Problem to solve.
Although the data below holds other lines too, output only those from the line with "AllByRecursion IsSmall areas.now" up to and including the line with "Puts the file's", exactly as they appear.

Data records.
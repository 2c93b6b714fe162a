//! The items by which a world exports its functions: the trait of their implementation, and the macros.

ghost use Rattle.std.specs.Prelude.{◌≡◌, ◌++◌, true, IfOk, OnOk, map};
ghost use Rattle.std.specs.List.{AllByRecursion, flat_map};
ghost use Rattle.wit_model.specs.IndexRange.{function_in_range};
ghost use Rattle.wit_model.specs.WellFormed.{IsWellFormed};
ghost use Rattle.gen_accept.specs.DeclaredNames.{guest_name};
ghost use Rattle.gen_accept.specs.Emitted.{exported_functions};
ghost use Rattle.func_gen.specs.Body.{needed};
ghost use Rattle.func_gen.specs.Whole.{IsSmall};
ghost use Rattle.wrapper_closing.specs.FileArea.{static_area};
ghost use Rattle.rust_gen.specs.Bound.{area_items};
ghost use Rattle.rust_gen.specs.Exported.{entries_of, export_entry, file_macro, guest_trait, last_macro, macro_name, post_return_name, return_entry, trait_and_macro, trait_fn, trait_param, world_macro};
ghost use Rattle.gen_accept.specs.InRange.{AreInRange};
ghost use Rattle.rust_gen.specs.Wrapper.{export_result};

use crate::signature::printed_result;
use abi_bindgen::Asked;
use func_gen::needed_area;
use gen_accept::needs_return;
use rust_tree::{
    EntryKind, ExportEntry, FnParam, Item, ModuleMacro, RootMacro, StaticArea, TraitFn, TraitItem,
    to_rust_ident,
};
use std::alloc::Global;
use type_defs::{doc_lines, one, part_type};
use wit_model::{Function, List, OutOfMemory, Param, Resolve, Text, TypeDef, WasmType, World};
use wrapper_closing::{core_params, core_result, post_return_params};

/// The name of the trait.
#[tactic(auto, unfolding(gen_accept::specs::DeclaredNames::guest_name))]
pub(crate) fn guest_name(alloc: Global) -> Result<Text, OutOfMemory>
    ensures { IfOk result (λ name. name ≡ guest_name) }
{
    Text::from_str(alloc, "Guest")
}

fn trait_param(alloc: Global, types: &[TypeDef], p: &Param) -> Result<FnParam, OutOfMemory>
    ensures { IfOk result (λ printed. printed ≡ trait_param types.now p.now) }
{
    Ok(FnParam {
        name: to_rust_ident(alloc, &p.name)?,
        ty: part_type(alloc, types, p.ty)?,
    })
}

fn trait_params(
    alloc: Global,
    types: &[TypeDef],
    params: &[Param],
) -> Result<List<FnParam>, OutOfMemory>
    ensures { IfOk result (λ printed. printed ≡ map (trait_param types.now) params.now) }
{
    let mut printed = List::new(alloc);
    for p in params {
        printed.push(trait_param(alloc, types, p)?)?;
    }
    Ok(printed)
}

fn trait_fn(alloc: Global, resolve: &Resolve, f: &Function) -> Result<TraitFn, OutOfMemory>
    ensures { IfOk result (λ printed. printed ≡ trait_fn resolve.now.types f.now) }
{
    Ok(TraitFn {
        docs: doc_lines(alloc, &f.docs)?,
        name: to_rust_ident(alloc, &f.name)?,
        params: trait_params(alloc, resolve.types.as_slice(), f.params.as_slice())?,
        result: printed_result(alloc, resolve, &f.result)?,
    })
}

fn guest_trait(
    alloc: Global,
    resolve: &Resolve,
    functions: &[&Function],
) -> Result<TraitItem, OutOfMemory>
    ensures { IfOk result (λ t. t ≡ guest_trait resolve.now.types (map (λ f. f.now) functions.now)) }
{
    let mut printed = List::new(alloc);
    for function in functions {
        printed.push(trait_fn(alloc, resolve, function)?)?;
    }
    Ok(TraitItem {
        name: guest_name(alloc)?,
        functions: printed,
    })
}

/// The core result of an exported function, if it has one.
#[tactic(auto, using(crate::proofs::ResultLemmas::first_result))]
pub(crate) fn export_result(resolve: &Resolve, f: &Function) -> Option<WasmType>
    requires well { IsWellFormed resolve.now }
    requires within { function_in_range resolve.now f.now ≡ true }
    ensures { result ≡ export_result resolve.now.types f.now }
{
    core_result(resolve, f)
}

fn export_entry(alloc: Global, resolve: &Resolve, f: &Function) -> Result<ExportEntry, OutOfMemory>
    requires well { IsWellFormed resolve.now }
    requires within { function_in_range resolve.now f.now ≡ true }
    ensures { IfOk result (λ entry. entry ≡ export_entry resolve.now.types f.now) }
{
    Ok(ExportEntry {
        kind: EntryKind::Wrapper,
        export_name: f.name.wit.copy(alloc)?,
        base: f.name.snake.copy(alloc)?,
        params: core_params(alloc, resolve, f)?,
        result: export_result(resolve, f),
    })
}

/// The export name of a post-return function.
#[tactic(auto, unfolding(crate::specs::Exported::post_return_name))]
fn post_return_name(alloc: Global, f: &Function) -> Result<Text, OutOfMemory>
    ensures { IfOk result (λ name. name ≡ post_return_name f.now) }
{
    let mut name = Text::from_str(alloc, "cabi_post_")?;
    name.push_str(f.name.wit.as_str())?;
    Ok(name)
}

fn return_entry(alloc: Global, resolve: &Resolve, f: &Function) -> Result<ExportEntry, OutOfMemory>
    requires well { IsWellFormed resolve.now }
    requires within { function_in_range resolve.now f.now ≡ true }
    ensures { IfOk result (λ entry. entry ≡ return_entry resolve.now.types f.now) }
{
    Ok(ExportEntry {
        kind: EntryKind::PostReturn,
        export_name: post_return_name(alloc, f)?,
        base: f.name.snake.copy(alloc)?,
        params: post_return_params(alloc, resolve, f)?,
        result: None,
    })
}

/// Puts the entries of a function behind others: that of its wrapper, and that of its post-return function if it has one.
fn push_entries(
    alloc: Global,
    resolve: &Resolve,
    entries: &mut List<ExportEntry>,
    f: &Function,
) -> Result<(), OutOfMemory>
    requires well { IsWellFormed resolve.now }
    requires within { function_in_range resolve.now f.now ≡ true }
    ensures { OnOk result (entries.new ≡ entries.old ++ entries_of resolve.now.types f.now) }
{
    entries.push(export_entry(alloc, resolve, f)?)?;
    if needs_return(resolve, f) {
        entries.push(return_entry(alloc, resolve, f)?)?;
    }
    Ok(())
}

fn export_entries(
    alloc: Global,
    resolve: &Resolve,
    functions: &[&Function],
) -> Result<List<ExportEntry>, OutOfMemory>
    requires well { IsWellFormed resolve.now }
    requires within { AreInRange resolve.now (map (λ f. f.now) functions.now) }
    ensures { IfOk result
        (λ entries. entries ≡ flat_map (entries_of resolve.now.types) (map (λ f. f.now) functions.now)) }
{
    let mut entries = List::new(alloc);
    for function in functions {
        push_entries(alloc, resolve, &mut entries, function)?;
    }
    Ok(entries)
}

#[tactic(auto, unfolding(crate::specs::Exported::world_prefix))]
fn macro_name(alloc: Global, world: &World) -> Result<Text, OutOfMemory>
    ensures { IfOk result (λ name. name ≡ macro_name world.now) }
{
    let mut name = Text::from_str(alloc, "world_")?;
    name.push_str(world.name.snake.as_str())?;
    Ok(name)
}

fn world_macro(
    alloc: Global,
    resolve: &Resolve,
    world: &World,
    functions: &[&Function],
) -> Result<ModuleMacro, OutOfMemory>
    requires well { IsWellFormed resolve.now }
    requires within { AreInRange resolve.now (map (λ f. f.now) functions.now) }
    requires exported { map (λ f. f.now) functions.now ≡ exported_functions world.now }
    ensures { IfOk result (λ m. m ≡ world_macro resolve.now.types world.now) }
{
    Ok(ModuleMacro {
        name: macro_name(alloc, world)?,
        entries: export_entries(alloc, resolve, functions)?,
    })
}

fn file_macro(alloc: Global, world: &World) -> Result<RootMacro, OutOfMemory>
    ensures { IfOk result (λ m. m ≡ file_macro world.now) }
{
    let name = macro_name(alloc, world)?;
    Ok(RootMacro {
        world: world.name.snake.copy(alloc)?,
        modules: one(alloc, name)?,
    })
}

/// Puts the trait and the world's macro behind other items, where a function is exported.
pub(crate) fn push_trait_and_macro(
    alloc: Global,
    resolve: &Resolve,
    items: &mut List<Item>,
    world: &World,
    functions: &[&Function],
) -> Result<(), OutOfMemory>
    requires well { IsWellFormed resolve.now }
    requires within { AreInRange resolve.now (map (λ f. f.now) functions.now) }
    requires exported { map (λ f. f.now) functions.now ≡ exported_functions world.now }
    ensures { OnOk result (items.new ≡ items.old ++ trait_and_macro resolve.now.types world.now) }
{
    if functions.is_empty() {
        return Ok(());
    }
    items.push(Item::Trait(guest_trait(alloc, resolve, functions)?))?;
    items.push(Item::ModuleMacro(world_macro(alloc, resolve, world, functions)?))
}

fn static_area(area: Option<Asked>) -> Option<StaticArea>
    ensures { result ≡ static_area area }
{
    match area {
        None => None,
        Some(Asked { size, align }) => Some(StaticArea { size, align }),
    }
}

/// Puts the static area for these areas of exported functions behind other items, if there are any.
pub(crate) fn push_area(items: &mut List<Item>, areas: &[Asked]) -> Result<(), OutOfMemory>
    requires small { AllByRecursion IsSmall areas.now }
    ensures { OnOk result (items.new ≡ items.old ++ area_items (static_area (needed areas.now))) }
{
    match static_area(needed_area(areas)) {
        None => Ok(()),
        Some(area) => items.push(Item::Area(area)),
    }
}

/// Puts the file's macro behind other items, where a function is exported.
pub(crate) fn push_last_macro(
    alloc: Global,
    items: &mut List<Item>,
    world: &World,
    functions: &[&Function],
) -> Result<(), OutOfMemory>
    requires { map (λ f. f.now) functions.now ≡ exported_functions world.now }
    ensures { OnOk result (items.new ≡ items.old ++ last_macro world.now) }
{
    if functions.is_empty() {
        return Ok(());
    }
    items.push(Item::RootMacro(file_macro(alloc, world)?))
}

Exercise response.
    requires small { AllByRecursion IsSmall areas.now }
    ensures { OnOk result (items.new ≡ items.old ++ area_items (static_area (needed areas.now))) }
{
    match static_area(needed_area(areas)) {
        None => Ok(()),
        Some(area) => items.push(Item::Area(area)),
    }
}

/// Puts the file's macro behind other items, where a function is exported.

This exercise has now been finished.